Apple has recently unveiled Autoregressive Image Models (AIM), a groundbreaking set of vision models that have been pre-trained with an autoregressive objective. These models represent a significant advancement in the field of large-scale vision models, taking inspiration from their textual counterparts, Large Language Models (LLMs), and demonstrating similar scalability.
The introduction of AIM signifies a scalable approach to pre-training vision models without the need for supervision. During the pre-training phase, the researchers utilized a generative autoregressive objective and proposed technical enhancements to tailor it for downstream transfer tasks. They found that the performance of visual features scales with both the model capacity and the quantity of data, highlighting the correlation between the value of the objective function and the model’s performance on subsequent tasks.
Check out the GitHub repository here.
In a practical demonstration, the team pre-trained a 7 billion parameter AIM on 2 billion images, achieving an impressive 84.0% accuracy on ImageNet-1k with a frozen trunk. Notably, even at this substantial scale, there were no indications of performance saturation. This pre-training methodology of AIM closely mirrors that of LLMs, eliminating the need for image-specific strategies to stabilize training at scale.

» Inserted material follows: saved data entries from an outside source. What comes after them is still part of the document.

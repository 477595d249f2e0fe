//! What can be written at a place of a grammar file, and the form whose parentheses are open around it.
//!
//! All goes by the tokens before the place, so that it answers while one types: `pg_server_names` goes along them. `lines` has the words and what is said of
//! each, `spot` what stands around a place, `wishes` what is wanted there, `offers` cuts the answer out of both, and `signature` shows a form's parts.
#![tactic(auto)]

mod lines;
mod offers;
mod signature;
mod spot;
mod wishes;

pub use lines::{Line, form_line, name_line};
pub use offers::{Completion, Offer, WordKind, completion_at};
pub use signature::{Signature, signature_at};
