//! What can be written at a place: words of the language and names of the file.

use crate::lines::{
    BUILDERS, END, FORMS, ITEMS, Line, PARTS, PREDICATES, ROLES, Row, form_line, line_of,
};
use crate::spot::spot_at;
use crate::wishes::{Wish, wish_at};
use pg_file_items::{Span, form_word};
use pg_file_tokens::Lexeme;
use pg_server_names::{NameKind, Occurrence, Sense, characters_in, names, tokens};
use pg_text::characters_of;
use std::alloc::{AllocError, Global};

/// What a word is.
#[derive(Clone, Copy, Debug, PartialEq, Eq)]
pub enum WordKind {
    /// It begins an item.
    Item,
    Form,
    Predicate,
    Builder,
    /// It stands inside an item, or is `not`.
    Part,
    /// The role of an operator.
    Role,
}

/// One thing that can be written.
#[derive(Clone, Copy)]
pub enum Offer<'t> {
    Word(WordKind, Line),
    /// The name that an item of the file defines.
    Name(NameKind, &'t [char]),
}

/// What can be written at a place, and the characters that it replaces: what has been begun there.
#[derive(Drop)]
pub struct Completion<'t> {
    pub replaced: Span,
    pub offers: Vec<Offer<'t>>,
}

/// What stands in a file, and what has been begun at a place.
#[derive(Clone, Copy)]
struct Begun<'t, 'n> {
    text: &'t [char],
    names: &'n [Occurrence],
    span: Span,
    /// The characters of the span.
    characters: &'t [char],
}

/// What can be written at a place: only what begins as the name that has been begun there, words first, then names in the order of the file (ours). Nothing is
/// inside a literal or a comment, and where a name is defined. Of the classes those are named that are defined above. Fails where memory runs out.
pub fn completion_at(
    alloc: Global,
    text: &[char],
    place: usize,
) -> Result<Completion<'_>, AllocError> {
    let lexemes = tokens(alloc, text)?;
    let names = names(alloc, lexemes.as_slice())?;
    let (span, wish) = wished(alloc, text, lexemes.as_slice(), place)?;
    let begun = Begun {
        text,
        names: names.as_slice(),
        span,
        characters: characters_in(text, span),
    };
    let offers = offers(alloc, &begun, wish)?;
    Ok(Completion {
        replaced: span,
        offers,
    })
}

/// The name that has been begun at a place, and what is wanted there.
fn wished(
    alloc: Global,
    text: &[char],
    lexemes: &[Lexeme],
    place: usize,
) -> Result<(Span, Wish), AllocError> {
    match spot_at(alloc, text, lexemes, place)? {
        Some(spot) => Ok((spot.begun, wish_at(&spot, lexemes))),
        None => {
            let nothing = Span {
                first: place,
                after: place,
            };
            Ok((nothing, Wish::Nothing))
        }
    }
}

fn offers<'t>(
    alloc: Global,
    begun: &Begun<'t, '_>,
    wish: Wish,
) -> Result<Vec<Offer<'t>>, AllocError> {
    let mut offers = Vec::new(alloc);
    match wish {
        Wish::Item => push_rows(&mut offers, begun, WordKind::Item, &ITEMS)?,
        Wish::Role => push_rows(&mut offers, begun, WordKind::Role, &ROLES)?,
        Wish::Rule => push_names(&mut offers, begun, NameKind::Rule)?,
        Wish::Value => push_values(alloc, &mut offers, begun)?,
        Wish::Class => push_classes(&mut offers, begun)?,
        Wish::Word => push_names(&mut offers, begun, NameKind::Word)?,
        Wish::Builder => push_rows(&mut offers, begun, WordKind::Builder, &BUILDERS)?,
        Wish::Parts(from, to) => push_parts(&mut offers, begun, from, to)?,
        Wish::Nothing => {}
    }
    Ok(offers)
}

/// Appends the rows whose words begin as what has been begun.
fn push_rows(
    offers: &mut Vec<Offer<'_>>,
    begun: &Begun<'_, '_>,
    kind: WordKind,
    rows: &[Row],
) -> Result<(), AllocError> {
    for row in rows {
        push_line(offers, begun, kind, line_of(row))?;
    }
    Ok(())
}

fn push_line(
    offers: &mut Vec<Offer<'_>>,
    begun: &Begun<'_, '_>,
    kind: WordKind,
    line: Line,
) -> Result<(), AllocError> {
    if begins_word(begun.characters, line.word) {
        offers.push(Offer::Word(kind, line))?;
    }
    Ok(())
}

/// The words inside items with these numbers.
fn push_parts(
    offers: &mut Vec<Offer<'_>>,
    begun: &Begun<'_, '_>,
    from: usize,
    to: usize,
) -> Result<(), AllocError> {
    for (number, row) in PARTS.iter().enumerate() {
        if from <= number && number < to {
            push_line(offers, begun, WordKind::Part, line_of(row))?;
        }
    }
    Ok(())
}

/// The forms, and the rules of the file.
fn push_values<'t>(
    alloc: Global,
    offers: &mut Vec<Offer<'t>>,
    begun: &Begun<'t, '_>,
) -> Result<(), AllocError> {
    for word in &FORMS {
        push_form(alloc, offers, begun, word)?;
    }
    push_line(offers, begun, WordKind::Form, line_of(&END))?;
    push_names(offers, begun, NameKind::Rule)
}

fn push_form(
    alloc: Global,
    offers: &mut Vec<Offer<'_>>,
    begun: &Begun<'_, '_>,
    word: &str,
) -> Result<(), AllocError> {
    let word = characters_of(alloc, word)?;
    match form_word(&word) {
        Some(form) => push_line(offers, begun, WordKind::Form, form_line(form, false)),
        None => Ok(()),
    }
}

/// `not`, the predicates, and the classes that are defined above.
fn push_classes<'t>(offers: &mut Vec<Offer<'t>>, begun: &Begun<'t, '_>) -> Result<(), AllocError> {
    push_parts(offers, begun, 5, 6)?;
    push_rows(offers, begun, WordKind::Predicate, &PREDICATES)?;
    push_names(offers, begun, NameKind::Class)
}

/// The names that items define for a kind; classes only up to the place.
fn push_names<'t>(
    offers: &mut Vec<Offer<'t>>,
    begun: &Begun<'t, '_>,
    kind: NameKind,
) -> Result<(), AllocError> {
    for name in begun.names {
        if is_offered(begun, kind, name) {
            offers.push(Offer::Name(kind, characters_in(begun.text, name.span)))?;
        }
    }
    Ok(())
}

fn is_offered(begun: &Begun<'_, '_>, kind: NameKind, name: &Occurrence) -> bool {
    match name.sense {
        Sense::Defines(other) => {
            other == kind
                && (kind != NameKind::Class || name.span.after < begun.span.first)
                && begins(begun.characters, characters_in(begun.text, name.span))
        }
        Sense::Uses(_) | Sense::Builder | Sense::Keyword | Sense::Stray => false,
    }
}

/// Whether a name begins with these characters.
fn begins(characters: &[char], name: &[char]) -> bool {
    match name.get(..characters.len()) {
        Some(first) => first == characters,
        None => false,
    }
}

/// Whether a word, which is ASCII, begins with these characters.
fn begins_word(characters: &[char], word: &str) -> bool {
    let mut rest = characters;
    for byte in word.as_bytes() {
        match rest {
            [first, after @ ..] if *first == char::from(*byte) => rest = after,
            [_, ..] => return false,
            [] => return true,
        }
    }
    rest.is_empty()
}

Key characteristics of AIM include its ability to scale to 7 billion parameters using a vanilla transformer implementation, without requiring stability-inducing techniques or extensive hyperparameter adjustments. AIM’s performance on the pre-training task demonstrates a strong correlation with downstream performance, surpassing state-of-the-art methods like MAE and narrowing the gap between generative and joint embedding pre-training approaches.
Furthermore, the researchers observed no signs of saturation as models scaled, suggesting the potential for further performance improvements with larger models trained over extended schedules. Apple’s Autoregressive Image Models represent a significant step forward in the development of large-scale vision models, offering new possibilities for the future of computer vision.